Revealing Financial Risk & Improving Financial Health

How Employee Retirement Plans Benefit the Bottom Line

November 15, 2017

At an MMA seminar this fall, guest speaker Hugh O’Toole from MassMutual posed this question to CFOs, HR professionals, and others regarding their organization’s employee retirement program:

“What if I could show you we could decrease employer liability solely by increasing employee funding?”

First, Mr. O’Toole set about connecting the financial side of the business (CFOs, et al) with the “people” side of the business (HR). After all, HR’s job is to help employees; the CFOs task is to be fiscally responsible on behalf of the organization.

How do you align the two? O’Toole interviewed 50 CFOs for private companies, non-profits, and government agencies to see if he could convince them how important their employee retirement plan is to the employer.

It took an average of twenty minutes before the CFO would stop O’Toole with similar statements: “I know you want to help, but I can’t for the life of me figure out the business purpose of our defined contribution plan.”

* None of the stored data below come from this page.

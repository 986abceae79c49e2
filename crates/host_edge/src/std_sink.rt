//! A sink over a writer, as standard output.

ghost use Rattle.std.specs.Prelude.{◌≡◌, ◌≤◌, ◌++◌, OnOk, OnErr};
ghost use Rattle.host_edge.specs.Disk.{std_view};
ghost use Rattle.host_edge.specs.Views.{SinkView, Known, AppendsPart};
ghost use Rattle.faults.specs.Counts.{Rose, raised};

use crate::answer::Failed;
use crate::sink::Sink;
use crate::stream::write_whole;
use faults::raised;
use std::io::Write;

/// Puts to a writer. It tells what the writer tells of its bytes, and standard output tells
/// nothing.
#[derive(Drop)]
pub struct StdSink<W> {
    out: W,
    faults: u64,
}

impl<W: Write> StdSink<W> {
    pub fn new(out: W) -> StdSink<W>
        ensures { std_view W.contents result ≡ record { sent = W.contents out; faults = 0 } }
    {
        StdSink { out, faults: 0 }
    }
}

impl<W: Write> Sink for StdSink<W> {
    ghost view = { std_view W.contents };

    fn put(&mut self, bytes: &[u8]) -> Result<(), Failed>
        ensures counts { (std_view W.contents self.old).faults
            ≤ (std_view W.contents self.new).faults }
        ensures sent { OnOk result (Known (λ old new. new
            ≡ old ++ bytes.now) (std_view W.contents self.old).sent
            (std_view W.contents self.new).sent) }
        ensures unfailed { OnOk result ((std_view W.contents self.new).faults
            ≡ (std_view W.contents self.old).faults) }
        ensures part { OnErr result (Known (AppendsPart bytes.now)
            (std_view W.contents self.old).sent (std_view W.contents self.new).sent) }
        ensures failed { OnErr result (Rose (std_view W.contents self.old).faults
            (std_view W.contents self.new).faults) }
        ensures counted { OnErr result ((std_view W.contents self.new).faults
            ≡ raised 1 (std_view W.contents self.old).faults) }
    {
        if write_whole(&mut self.out, bytes) {
            Ok(())
        } else {
            self.faults = raised(self.faults, 1);
            Err(Failed)
        }
    }
}
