//! The graphs of serial blocks.

ghost use Rattle.std.specs.Prelude.{◌≡◌, ◌++◌, ◌∷◌, [], map, option_to_list, OnOk};
ghost use Rattle.op_text.specs.Language.{statement, operation};
ghost use Rattle.loop_ir.specs.Plain.{flow_of, acts_of};
ghost use Rattle.uprog_gen.specs.Graphs.{graphed_of, later, flow_graph, acts_graph};
ghost use Rattle.uprog_gen.specs.Graphs.{statement_graph, graphs_in};

use crate::ops::Lowered;
use faults::keep;
use loop_ir::{Flow, Turns};
use mig_graph::{MigOuts, NoMemory};
use op_text::{Op, Stmt};

/// The second, if there is one, or else the first.
fn later(own: Option<MigOuts>, more: Option<MigOuts>) -> Option<MigOuts>
    ensures { map graphed_of (option_to_list result)
        ≡ later (map graphed_of (option_to_list own)) (map graphed_of (option_to_list more)) }
{
    match more {
        None => own,
        Some(graph) => Some(graph),
    }
}

/// The graph of the body of a flow that comes last in the text.
#[cycle(graphs)]
fn flow_graph(flow: Flow) -> Option<MigOuts>
    ensures { map graphed_of (option_to_list result) ≡ flow_graph (flow_of flow) }
{
    match flow {
        Flow::End => None,
        Flow::Do(body, next) => later(Some(body.into_graph()), flow_graph(Box::into_inner(next))),
        Flow::Put(_, next) => flow_graph(Box::into_inner(next)),
        Flow::If(_, some, none, next) => {
            let some = flow_graph(Box::into_inner(some));
            let none = flow_graph(Box::into_inner(none));
            later(later(some, none), flow_graph(Box::into_inner(next)))
        }
        Flow::Loop(_, turns, next) => {
            let turns = acts_graph(Box::into_inner(turns));
            later(turns, flow_graph(Box::into_inner(next)))
        }
    }
}

/// So it is of what a loop does.
#[cycle(graphs)]
fn acts_graph(turns: Turns) -> Option<MigOuts>
    ensures { map graphed_of (option_to_list result) ≡ acts_graph (acts_of turns) }
{
    match turns {
        Turns::Last(flow) => flow_graph(Box::into_inner(flow)),
        Turns::Turn(flow, more) => {
            let flow = flow_graph(Box::into_inner(flow));
            later(flow, acts_graph(Box::into_inner(more)))
        }
    }
}

/// The graph of a statement that is a serial block.
fn take_statement(s: &Stmt, flow: Flow, graphs: &mut Vec<MigOuts>) -> Result<(), NoMemory>
    ensures { OnOk result (map graphed_of graphs.new.items ≡ map graphed_of graphs.old.items
        ++ statement_graph (statement s.now) (flow_of flow)) }
{
    match s {
        Stmt::Word { .. } => Ok(()),
        Stmt::Serial { .. } => match flow_graph(flow) {
            None => Ok(()),
            Some(graph) => keep(graphs, graph),
        },
    }
}

/// The graphs of an operation's serial blocks, in the order of the text, out of the flows of its
/// statements.
pub fn take_graphs(op: &Op, lowered: Lowered, graphs: &mut Vec<MigOuts>) -> Result<(), NoMemory>
    ensures { OnOk result (map graphed_of graphs.new.items ≡ map graphed_of graphs.old.items
        ++ graphs_in (operation op.now).body (map flow_of lowered.flows.items)) }
{
    for (s, flow) in op.body.iter().zip(lowered.flows) {
        take_statement(s, flow, graphs)?;
    }
    Ok(())
}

According to O’Toole, you have to begin by understanding the profound demographic shifts coming our way. A lot of baby boomers will be eligible to retire soon (10,000 are turning 65 every week), but far too many of them are “financially unprepared.” They’re trapped. They don’t want to retire, because they can’t afford it.

Another converging factor to consider is the rise in healthcare costs. Add to that a fragmented employee benefit experience and you have a situation that may seriously affect employer viability over the long term.

Employers are shifting from being a benefits funder to being a benefits facilitator. What that means is, as this financially unprepared workforce hits retirement age, there will be a significant potential financial liability as they continue to work.

And that doesn’t take into consideration the lack of engagement and productivity that can result when financially unprepared employees stay at their jobs – not because they want to, but because they have to. This lost engagement and focus can be even more dangerous and cause extra liability in certain industries, such as trucking.

O’Toole emphasized that his comments by no means support the idea of forcing retirement age employees out the door. Quite the opposite. Older, more experienced employees are the “culture keepers”; they act as mentors; and they can contribute a lot if they’re engaged and want to continue working.

Every organizational culture is an eco-system that includes healthcare, protection, and retirement.

With only two key pieces of data, O’Toole and his team can create a cost summary of a company’s workforce, including cost of benefits. From there, they can chart a company’s current plan retirement readiness distribution model and juxtapose it against a proposed plan readiness distribution.

They can then demonstrate the marginal costs of delayed retirement by assessing the company’s workforce costs – hiring a new employee at lower wages with significantly lowered healthcare and worker’s compensation costs. That cost differential is key to establishing the employer’s cost of an employee delaying retirement.

If an employee feels financially well and retires at, say, age 65, rather than 68, a company can save in excess of $100,000.

Best of all, O’Toole was able to demonstrate with data that by auto-enrolling 100 percent of the employee population and then auto-increasing the contribution by 1 percent each year (capping it at 10 percent), the organization was stronger and more viable.

In other words, decreased employer liability from increased employee funding.

It’s important for organizations to remember that they have essentially two main components – technology and people. That’s why retaining capable, culturally-oriented employees is key to the success of any company. That includes helping them to be, and feel, financially prepared. It’s a matter of Human Capital Management.

Company retirement plans are not simply a good idea – they are critical to the business, and it is critical that they work. Retirement plans are a major lever in wage, healthcare, and worker’s compensation costs. And they are significant in attracting and retaining key employees.

Human capital management isn’t just about retirement. It’s the intersection of benefits, property and casualty, and all manner of things you didn’t even consider to be benefits, such as savings accounts.

But it is important to focus on making certain employees are financially well; that they can retire on their own terms. Because that enhances your viability and helps the organization be stronger.